Advanced Analytics and Innovation in
Financial Crime Compliance
– The Future is Now
The smarter use of AI to stop illicit money flows comes at a time1 when criminals are finding ways to evade detection by the traditional rules-based method for doing AML checks. For example, to circumvent traditional rules based on flow-through activity2 or static transaction size thresholds, criminals may transfer smaller amounts over a longer time.

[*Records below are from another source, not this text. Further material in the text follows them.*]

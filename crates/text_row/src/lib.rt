// A row of bytes that is being filled with text: what the texts of `list` and `insert_check` are made of. Each of these functions
// answers where the next byte goes, and leaves every byte but those it puts as it was. The row and the place go by hand: as a struct
// of a `&mut` and a number each of them and each loop over them would also promise that the `&mut` is still the same.

#![tactic(auto)]

ghost use Rattle.std.specs.Prelude.{◌≡◌, ◌++◌, ◌+◌, ◌≤◌, length};
ghost use Rattle.text_row.specs.Lines.{decimal as decimalOf, number_line, refusal_line};
ghost use Rattle.text_row.specs.Filling.{filled, fill};

// Puts the bytes into the row from place `at` on.
pub fn put_all(text: &mut [u8], at: usize, bytes: &[u8]) -> usize
    requires { at + length bytes.now ≤ length text.old }
    ensures { filled result text.new ≡ fill bytes.now (filled at text.old) }
{
    let end = at + bytes.len();
    text[at..end].copy_from_slice(bytes);
    end
}

// A number after a word and a space.
pub fn put_number(text: &mut [u8], at: usize, word: &[u8], number: u64) -> usize
    requires { at + length word.now + length (decimalOf number) ≤ length text.old }
    ensures { filled result text.new ≡ fill (word.now ++ decimalOf number) (filled at text.old) }
{
    let mut digits = [0u8; 20];
    let k = io::decimal(number, &mut digits);
    let next = put_all(text, at, word);
    put_all(text, next, &digits[..k])
}

// A line of a word and a number, at the start of the row.
pub fn put_line(text: &mut [u8], word: &[u8], number: u32) -> usize
    requires { length word.now + 11 ≤ length text.old }
    ensures text_after { filled result text.new ≡ fill (number_line word.now number) (filled 0 text.old) }
    ensures upper_bound { result ≤ length text.old }
{
    let next = put_number(text, 0, word, number as u64);
    put_all(text, next, b"\n")
}

// "Refused, it prints `refused ` and the number only."
#[tactic(auto, unfolding(crate::specs::Lines::refusal_line, crate::specs::Lines::refused_word))]
pub fn put_refusal(text: &mut [u8], refusal: u32) -> usize
    requires { 19 ≤ length text.old }
    ensures text_after { filled result text.new ≡ fill (refusal_line refusal) (filled 0 text.old) }
    ensures upper_bound { result ≤ length text.old }
{
    put_line(text, b"refused ", refusal)
}

// Writes the first n bytes of the row to standard output.
pub fn print_first(text: &[u8], n: usize) {
    if n <= text.len() {
        io::write_all(1, &text[..n]);
    }
}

UOB's new AI solution, underpinned by machine learning and greater computational power, complements the traditional rules-based method, which remains the first line of defence in identifying potentially high-risk customers and transactions. The solution will continue to sharpen its detection capabilities over time, as the model responds to changes in customer risk profiles, behaviours and transaction patterns. The AI solution also identifies links that were harder to spot in the past. For example, it can identify a customer's connection to a high-risk individual – such as a convicted drug trafficker – even if the customer were not considered high-risk.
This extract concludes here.